On the same day, in other dubious baseball action, Ranger center fielder Josh Hamilton's 4th inning-error opens the floodgates that allow the A's to erase a 5-run deficit when they score 6 times, en route to their 12-5 victory at the Oakland Coliseum.

The A's had been 13 games out of 1st place in the AL West on June 30, and 6 games out on August 25. But their hot streak and the Rangers' nosedive leaves the A's as Division Champions, and puts the Rangers into the new 1-game AL Wild Card contest, against the Orioles.

This comes after the Rangers' pathetic performance in the 2010 World Series and their embarrassing chokejob in Game 6 of the 2011 World Series. They do not yet have the choke reputation of, say, the Red Sox, the Cubs, or the Indians — but they should.

Two Indians legends each play their last major league game -- but neither for the Indians. The Tampa Bay Rays beat the Orioles 4-1 at Tropicana Field, and Jim Thome goes 0-for-4 as the O's DH. The Toronto Blue Jays beat the Minnesota Twins 2-1 at the Rogers Centre, and Omar Vizquel, at 45 the oldest man ever to play shortstop in the major leagues, and the last remaining player from the 1980s, goes 1-for-3 for the Jays.

In positive baseball news, Miguel Cabrera clinches the AL Triple Crown, becoming the 1st player to do so since 1967 when Carl Yastzemski accomplished the feat with Boston. The Tigers 3rd baseman and eventual MVP leads the circuit with a .330 batting average, 44 home runs and 139 RBIs.

October 3, 2013: Sergei Belov dies of heart disease in Perm, Russia. He was 69. A shooting guard at CSKA Moscow (the Red Army team), he was the star of the Soviet basketball team that won the 1972 Olympic Gold Medal. He was not related to Alexander Belov, who scored the winning basket.

In 1980, he closed his playing career, and was invited to light the Olympic Cauldron at the Opening Ceremony of the Olympics in Moscow. In 1991, FIBA, the governing body for international basketball, named him Europe's greatest player ever. In 1992, he was elected to the Basketball Hall of Fame.

October 3, 2015: Gary Sanchez makes his major league debut, on the next-to-last day of the regular season.
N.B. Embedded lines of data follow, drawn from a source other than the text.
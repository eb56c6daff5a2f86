//! What a text may have at the most (RFC 8259, section 9).
ghost use Rattle.std.specs.Prelude.{◌≡◌};
ghost use Rattle.std.specs.Option.{SomeIff};

use std::marker::Model;

/// The most arrays and objects that can be open at once. All that depends on how deep a text may nest follows from it.
pub const MOST_LEVELS: u16 = 256;

const MOST_BYTES: u64 = 1 << 60;

/// How deep the arrays and objects of a text may nest, and how many bytes it may have, a byte order mark among them.
#[derive(Clone, Copy, PartialEq, Eq)]
pub struct Limits {
    bytes: u64,
    depth: u16,
}

impl Model for Limits {
    ghost use Rattle.gj_json.specs.Limits.{Allowed, allowed_code, IsAllowed};

    ghost Value = { Allowed };

    ghost coded = { allowed_code };

    ghost view = { λ l. record { depth = l.depth; bytes = l.bytes } };

    ghost inverse = { λ a. record { bytes = a.bytes; depth = a.depth } };

    ghost invariant = { λ l. IsAllowed l.depth l.bytes };
}

impl Limits {
    ghost use Rattle.gj_json.specs.Limits.{IsAllowed, most};

    /// The limits, or `None` where the depth is not from 1 to [`MOST_LEVELS`] or the number of bytes not from 1 to 2^60.
    pub fn new(depth: u16, bytes: u64) -> Option<Limits>
        ensures { SomeIff result (IsAllowed depth bytes) (record { depth = depth; bytes = bytes }) }
    {
        if depth < 1 || depth > MOST_LEVELS || bytes < 1 || bytes > MOST_BYTES {
            return None;
        }
        Some(Limits { bytes, depth })
    }

    /// The widest limits: [`MOST_LEVELS`] and 2^60 bytes.
    pub fn usual() -> Limits
        ensures { result ≡ most }
    {
        Limits {
            bytes: MOST_BYTES,
            depth: MOST_LEVELS,
        }
    }

    /// The most arrays and objects that may be open at once.
    pub fn depth(&self) -> u16
        ensures value { result ≡ self.now.depth }
        ensures allowed { IsAllowed self.now.depth self.now.bytes }
    {
        self.depth
    }

    /// The most bytes that a text may have.
    pub fn bytes(&self) -> u64
        ensures value { result ≡ self.now.bytes }
        ensures allowed { IsAllowed self.now.depth self.now.bytes }
    {
        self.bytes
    }
}
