//! Positions as their cut values, many of which are reported at once.

ghost use Rattle.std.specs.Prelude.{◌+◌, ◌^◌, ◌<◌, ◌≤◌};

/// An array of two ordinary numbers, with the cut value of each in place of its digits: the number times 10^7, cut toward
/// zero. A third number may stand after them, which has at most seven places.
///
/// Two dozen of them are written and read in turn, so each has 32 bytes.
#[derive(Clone, Copy)]
pub struct CutPosition {
    /// The cut value of the first number.
    pub first: i64,
    /// The cut value of the second number.
    pub second: i64,
    /// The place of `[`, in bytes from the start of the text.
    pub place: u64,
    /// How many bytes after `[` the first number begins, 1 at the least where it is reported.
    pub first_at: u16,
    /// How many bytes after `[` the second number begins.
    pub second_at: u16,
    /// How many bytes after `[` stands `]`.
    pub close_at: u16,
    /// Whether more than seven digits after the point of the first number say something.
    pub first_precise: bool,
    /// Whether more than seven digits after the point of the second number do.
    pub second_precise: bool,
    ghost between: { first_at ≤ second_at },
    ghost before: { second_at ≤ close_at },
    ghost within: { place + close_at < 2 ^ 64 },
}

impl CutPosition {
    ghost use Rattle.std.specs.Prelude.{◌≡◌};

    /// A position to write one over.
    pub(crate) fn blank() -> CutPosition {
        CutPosition {
            first: 0,
            second: 0,
            place: 0,
            first_at: 0,
            second_at: 0,
            close_at: 0,
            first_precise: false,
            second_precise: false,
        }
    }

    /// The place of the first number, in bytes from the start of the text.
    #[inline(always)]
    pub fn first_place(&self) -> u64
        ensures { result ≡ self.now.place + self.now.first_at }
    {
        self.place + self.first_at as u64
    }

    /// The place of the second number, in bytes from the start of the text.
    #[inline(always)]
    pub fn second_place(&self) -> u64
        ensures { result ≡ self.now.place + self.now.second_at }
    {
        self.place + self.second_at as u64
    }
}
Wearing Number 73, he pinch-hits for Greg Bird, against Oliver Drake, in the bottom of the 9th inning of the 1st game of a rain-forced doubleheader. He hits a weak popup that is caught by 3rd baseman Manny Machado. It has little effect on the outcome, as the Orioles beat the Yankees 9-2.

The Yankees were hoping he'd turn into a good player, but no one had any idea that he would have so big an impact as soon as the late Summer of 2016.
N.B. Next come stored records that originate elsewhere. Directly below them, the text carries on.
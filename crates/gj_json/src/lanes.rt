//! Runs of bytes at the start of a piece, found sixteen at a time.

ghost use Rattle.std.specs.Prelude.{◌≡◌, ◌<◌, ◌≤◌, ◌+◌, ◌*◌, ◌++◌, ℕ, Bool, None, length, map, not, take, drop, IfSome, IsTrue};
ghost use Rattle.std.specs.List.{prefix_len};
ghost use Rattle.std.specs.Simd.Lanes.{mask_l};
ghost use Rattle.std.specs.Str.{bytes_eq};
ghost use Rattle.gj_json.specs.Internal.QuietBytes.{is_unescaped_ascii, is_white};
ghost use Rattle.gj_json.specs.Runs.{is_unescaped};
ghost use Rattle.gj_json.specs.declared.lanes.TheConstants.{LANES};

use std::simd::prelude::*;

/// How many bytes are looked at together.
pub const LANES: usize = 16;

/// Whether the piece begins with the first `count` bytes of the word.
// A comparison of slices is a call, which costs as much as all else that distinguishes a usual head from others.
#[inline(always)]
pub fn begins(piece: &[u8], word: &[u8; LANES], count: usize) -> bool
    requires room { LANES ≤ length piece.now }
    requires few { count ≤ LANES }
    ensures { result ≡ bytes_eq (take count piece.now) (take count word.now) }
{
    let differing = u8x16::from_slice(piece).simd_ne(u8x16::from_array(*word));
    differing.to_bitmask() & ((1 << count) - 1) == 0
}

#[inline(always)]
pub fn is_white(byte: u8) -> bool
    ensures { result ≡ is_white byte }
{
    byte == b' ' || byte == b'\t' || byte == b'\n' || byte == b'\r'
}

/// A kind of bytes, of which runs are found.
pub trait Kind {
    /// Which bytes are of it.
    ghost is: { ℕ → Bool };

    /// Whether the byte is of it.
    fn has(byte: u8) -> bool
        ensures { result ≡ is byte };

    /// One bit for each lane that is not.
    fn stops(lanes: u8x16) -> u64
        ensures { result ≡ mask_l (map (λ b. not (is b)) lanes) };
}

/// Those that are a character of a string by themselves.
pub struct Ascii;

impl Kind for Ascii {
    ghost is = { is_unescaped_ascii };

    fn has(byte: u8) -> bool {
        b' ' <= byte && byte <= 0x7F && byte != b'"' && byte != b'\\'
    }

    #[inline(always)]
    fn stops(lanes: u8x16) -> u64 {
        let quotes = lanes.simd_eq(u8x16::splat(b'"'));
        let backslashes = lanes.simd_eq(u8x16::splat(b'\\'));
        let controls = lanes.simd_lt(u8x16::splat(b' '));
        let beyond = lanes.simd_gt(u8x16::splat(0x7F));
        (quotes | backslashes | controls | beyond).to_bitmask()
    }
}

/// Those that are allowed in a string unescaped.
pub struct Plain;

impl Kind for Plain {
    ghost is = { is_unescaped };

    fn has(byte: u8) -> bool {
        b' ' <= byte && byte != b'"' && byte != b'\\'
    }

    #[inline(always)]
    fn stops(lanes: u8x16) -> u64 {
        let quotes = lanes.simd_eq(u8x16::splat(b'"'));
        let backslashes = lanes.simd_eq(u8x16::splat(b'\\'));
        let controls = lanes.simd_lt(u8x16::splat(b' '));
        (quotes | backslashes | controls).to_bitmask()
    }
}

/// The byte of white space with each lower half, and else a byte with another one.
const WHITE: [u8; 16] = [
    b' ', 0, 0, 0, 0, 0, 0, 0, 0, b'\t', b'\n', 0, 0, b'\r', 0, 0,
];

/// White space.
pub struct White;

impl Kind for White {
    ghost is = { is_white };

    fn has(byte: u8) -> bool {
        is_white(byte)
    }

    #[inline(always)]
    fn stops(lanes: u8x16) -> u64 {
        let same = u8x16::from_array(WHITE).swizzle_dyn(lanes & u8x16::splat(15));
        lanes.simd_ne(same).to_bitmask()
    }
}

/// How many bytes at the start of the piece are of the kind, where one of the first sixteen is not.
#[inline(always)]
pub fn short_run<K: Kind>(piece: &[u8]) -> Option<usize>
    requires { LANES ≤ length piece.now }
    ensures long { result ≡ None → prefix_len K.is piece.now ≡ LANES + prefix_len K.is (drop LANES piece.now) }
    ensures short { IfSome result (λ count. count < LANES) }
    ensures run { IfSome result (λ count. count ≡ prefix_len K.is piece.now) }
{
    let stops = K::stops(u8x16::from_slice(piece));
    if stops == 0 {
        return None;
    }
    Some(stops.trailing_zeros() as usize)
}

/// Whether so many bytes at the start of the piece are of the kind.
#[inline(always)]
pub fn begins_run<K: Kind>(piece: &[u8], count: usize) -> bool
    requires room { LANES ≤ length piece.now }
    requires few { count ≤ LANES }
    ensures { IsTrue result → count ≤ prefix_len K.is piece.now }
{
    match short_run::<K>(piece) {
        Some(run) => count <= run,
        None => true,
    }
}

/// How many bytes at the start of the piece are of the kind.
#[inline(always)]
pub fn run<K: Kind>(piece: &[u8]) -> usize
    ensures { result ≡ prefix_len K.is piece.now }
{
    if piece.len() >= LANES {
        return match short_run::<K>(piece) {
            Some(count) => count,
            None => LANES + long_run::<K>(&piece[LANES..]),
        };
    }
    long_run::<K>(piece)
}

/// As `run`, byte by byte.
fn few_run<K: Kind>(piece: &[u8]) -> usize
    ensures { result ≡ prefix_len K.is piece.now }
{
    piece.iter().take_while(|byte| K::has(**byte)).count()
}

/// As `run`, block by block.
#[inline(never)]
fn long_run<K: Kind>(piece: &[u8]) -> usize
    ensures { result ≡ prefix_len K.is piece.now }
{
    let (blocks, rest) = piece.as_chunks::<LANES>();
    let mut index = 0;
    while index < blocks.len() {
        let stops = K::stops(u8x16::from_array(blocks[index]));
        if stops != 0 {
            return index * LANES + stops.trailing_zeros() as usize;
        }
        index += 1;
    }
    index * LANES + few_run::<K>(rest)
}

/// How many bytes at the start of the piece are allowed in a string unescaped: those from 20 (hexadecimal) on but the quote
/// and the backslash.
pub fn plain_run(piece: &[u8]) -> usize
    ensures { result ≡ prefix_len is_unescaped piece.now }
{
    long_run::<Plain>(piece)
}

/// How many bytes at the start of the piece are white space. Mostly there is none, or one space.
#[inline]
pub fn white_run(piece: &[u8]) -> usize
    ensures { result ≡ prefix_len is_white piece.now }
{
    if piece.is_empty() || piece[0] > b' ' {
        return 0;
    }
    if piece.len() > 1 && piece[0] == b' ' && piece[1] > b' ' {
        return 1;
    }
    run::<White>(piece)
}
Also on this day, in a preseason game, Raffi Torres of the San Jose Sharks is assessed a match penalty for a late, illegal check to the head of Jakob Silfverberg of the Anaheim Ducks. Torres was suspended a record-shattering 41 games by the league, half of the regular season. He forfeited $440,860.29 in salary, which was deposited into the Players' Emergency Assistance Fund. While the record for longest suspension is held by Billy Coutu, who was suspended for life in 1927, Torres holds the distinction of the longest non-lifetime ban.
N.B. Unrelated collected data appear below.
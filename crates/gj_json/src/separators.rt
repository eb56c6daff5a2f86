//! What stands between the numbers of arrays that are written alike.

ghost use Rattle.std.specs.Prelude.{◌≡◌, ◌+◌, ◌*◌, ◌<◌, ◌≤◌, false, get_or, length, take, drop, IsTrue, IfSome};
ghost use Rattle.std.specs.List.{AllByRecursion};
ghost use Rattle.gj_json.specs.Bytes.{IsWhite, minus_sign};
ghost use Rattle.gj_json.specs.Internal.FlatParts.{cut};
ghost use Rattle.gj_json.specs.declared.lanes.TheConstants.{LANES};

use crate::flat::Flat;
use crate::flats::white_end;
use crate::lanes::{LANES, begins};
use std::simd::prelude::*;

/// The most bytes between two numbers.
const MOST: usize = 255;

/// Bytes that stand between two numbers.
#[derive(Clone, Copy)]
pub struct Separator<'a> {
    bytes: &'a [u8],
    /// The first sixteen of them, or they and others.
    word: [u8; LANES],
    ghost few: { length bytes.now ≤ 255 },
    ghost same: { length bytes.now ≤ LANES → take (length bytes.now) word ≡ bytes.now },
}

/// Whether these bytes stand at an index.
#[inline(never)]
fn has_many(piece: &[u8], at: usize, bytes: &[u8]) -> bool
    requires { at ≤ length piece.now }
    ensures { IsTrue result → cut piece.now at (at + length bytes.now) ≡ bytes.now }
{
    piece.len() - at >= bytes.len() && &piece[at..at + bytes.len()] == bytes
}

impl<'a> Separator<'a> {
    /// The bytes between two indices.
    #[inline(always)]
    fn between(piece: &'a [u8], from: usize, to: usize) -> Option<Separator<'a>>
        ensures order { IfSome result (λ separator. from ≤ to) }
        ensures within { IfSome result (λ separator. to ≤ length piece.now) }
        ensures bytes { IfSome result (λ separator. separator.bytes.now ≡ cut piece.now from to) }
    {
        if from > to || to > piece.len() || to - from > MOST || piece.len() - from < LANES {
            return None;
        }
        Some(Separator {
            bytes: &piece[from..to],
            word: u8x16::from_slice(&piece[from..]).to_array(),
        })
    }

    /// How many they are.
    #[inline(always)]
    pub fn count(&self) -> usize
        ensures { result ≡ length self.now.bytes.now }
    {
        self.bytes.len()
    }

    /// Whether they stand at an index. Where `FEW` says so, they are sixteen at most.
    #[inline(always)]
    pub fn stands<const FEW: bool>(&self, piece: &[u8], at: usize) -> bool
        requires room { at + LANES ≤ length piece.now }
        requires few { IsTrue FEW → length self.now.bytes.now ≤ LANES }
        ensures { IsTrue result → cut piece.now at (at + length self.now.bytes.now) ≡ self.now.bytes.now }
    {
        if !FEW && self.bytes.len() > LANES {
            return has_many(piece, at, self.bytes);
        }
        begins(&piece[at..], &self.word, self.bytes.len())
    }
}

/// A comma after a number, and what stands up to the first digit of the next.
#[derive(Clone, Copy)]
pub struct Inner<'a> {
    pub separator: Separator<'a>,
    /// Whether it ends with a minus sign.
    pub negative: bool,
}

/// What stands after the last number of an array, up to the first digit of the next array.
#[derive(Clone, Copy)]
pub struct Outer<'a> {
    pub separator: Separator<'a>,
    /// Its end, from the bracket of the next array on.
    pub head: &'a [u8],
    /// Whether it ends with a minus sign.
    pub negative: bool,
    /// How many bytes stand before the closing bracket.
    pub close: usize,
    /// How many stand before `head`.
    pub open: usize,
}

/// What stands between the numbers of an array and up to the first of the next.
#[derive(Clone, Copy)]
pub struct Separators<'a> {
    pub inner: Inner<'a>,
    /// Before the third number, where there is one.
    pub third: Option<Inner<'a>>,
    pub outer: Outer<'a>,
}

/// The index after white space at this one. Mostly there is none.
#[inline(always)]
fn after_white(piece: &[u8], at: usize) -> usize
    requires { at ≤ length piece.now }
    ensures on { at ≤ result }
    ensures within { result ≤ length piece.now }
    ensures white { AllByRecursion IsWhite (cut piece.now at result) }
{
    if at < piece.len() && piece[at] > b' ' {
        return at;
    }
    white_end(piece, at)
}

/// The index before the white space that stands before this one.
#[inline(always)]
fn before_white(piece: &[u8], at: u64) -> usize
    ensures { result ≤ length piece.now }
{
    let mut end = piece.len().min(at as usize);
    while end > 0 && piece[end - 1] <= b' ' && piece.len() >= LANES {
        let from = end.saturating_sub(LANES);
        let others = u8x16::from_slice(&piece[from..])
            .simd_gt(u8x16::splat(b' '))
            .to_bitmask();
        end = (end - 1).min(from + 64 - others.leading_zeros() as usize);
    }
    end
}

/// Whether a byte stands at an index.
#[inline(always)]
fn has_byte(piece: &[u8], at: usize, byte: u8) -> bool
    ensures within { IsTrue result → at < length piece.now }
    ensures there { IsTrue result → get_or piece.now at 0 ≡ byte }
{
    at < piece.len() && piece[at] == byte
}

impl<'a> Inner<'a> {
    ghost use Rattle.gj_json.specs.Internal.SpelledPositions.{IsInner};

    /// That before the number that is thought to stand at an index, with its minus sign if `signed` says so.
    #[inline(always)]
    fn before(piece: &'a [u8], at: u64, signed: bool) -> Option<Inner<'a>>
        ensures inner { IfSome result (λ inner. IsInner inner) }
        ensures unsigned { signed ≡ false → IfSome result (λ inner. inner.negative ≡ false) }
    {
        let comma = before_white(piece, at).wrapping_sub(1);
        if !has_byte(piece, comma, b',') {
            return None;
        }
        let number = after_white(piece, comma + 1);
        let negative = signed && has_byte(piece, number, b'-');
        let separator = Separator::between(piece, comma, number + negative as usize)?;
        Some(Inner {
            separator,
            negative,
        })
    }
}

impl<'a> Outer<'a> {
    ghost use Rattle.gj_json.specs.Internal.SpelledPositions.{IsOuter};

    /// That around the bracket that is thought to stand at an index, up to the number of an array that begins at `next`.
    #[inline(always)]
    fn around(piece: &'a [u8], at: u64, next: usize) -> Option<Outer<'a>>
        ensures outer { IfSome result (λ outer. IsOuter outer) }
        ensures next { IfSome result (λ outer. cut (drop next piece.now) 0 (length outer.head.now) ≡ outer.head.now) }
    {
        let last = before_white(piece, at);
        let close = after_white(piece, last);
        if !has_byte(piece, close, b']') || !has_byte(piece, close + 1, b',') {
            return None;
        }
        let open = after_white(piece, close + 2);
        if open != next || !has_byte(piece, open, b'[') {
            return None;
        }
        let number = after_white(piece, open + 1);
        let negative = has_byte(piece, number, b'-');
        let end = number + negative as usize;
        let separator = Separator::between(piece, last, end)?;
        Some(Outer {
            separator,
            head: &piece[open..end],
            negative,
            close: close - last,
            open: open - last,
        })
    }
}

impl<'a> Separators<'a> {
    ghost use Rattle.gj_json.specs.Internal.SpelledPositions.{gap_of, AreFew, AreSeparators, HasHead};

    /// Those of an array that was read from the start of a piece, and of the next, which begins at an index.
    #[inline(always)]
    pub fn of(piece: &'a [u8], flat: &Flat, next: usize) -> Option<Separators<'a>>
        ensures separators { IfSome result (λ separators. AreSeparators separators) }
        ensures next { IfSome result (λ separators. HasHead separators (drop next piece.now)) }
    {
        let inner = Inner::before(piece, flat.second.place - flat.place, true)?;
        let third = match &flat.third {
            None => None,
            Some(number) => Some(Inner::before(piece, number.place - flat.place, false)?),
        };
        let outer = Outer::around(piece, flat.close.wrapping_sub(flat.place), next)?;
        Some(Separators {
            inner,
            third,
            outer,
        })
    }

    /// Whether the arrays have two numbers, with sixteen bytes at most between them and up to the next array's.
    #[inline(always)]
    pub fn are_few(&self) -> bool
        ensures { IsTrue result → AreFew self.now }
    {
        self.third.is_none()
            && self.inner.separator.count() <= LANES
            && self.outer.separator.count() <= LANES
    }

    /// How many bytes of white space stand after a comma and before the next array.
    #[inline(always)]
    pub fn gap(&self) -> usize
        requires { AreSeparators self.now }
        ensures { result ≡ gap_of self.now }
    {
        self.outer.open - self.outer.close - 2
    }
}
Torres did not appeal the suspension, and apologized to Silfverberg. Sharks general manager Doug Wilson supported the suspension, saying Torres' hit was "unacceptable and has no place in our game." The left wing was sent down to the minors upon his return, then traded to his hometown Maple Leafs, then released. At 35 and tainted, his career may be over.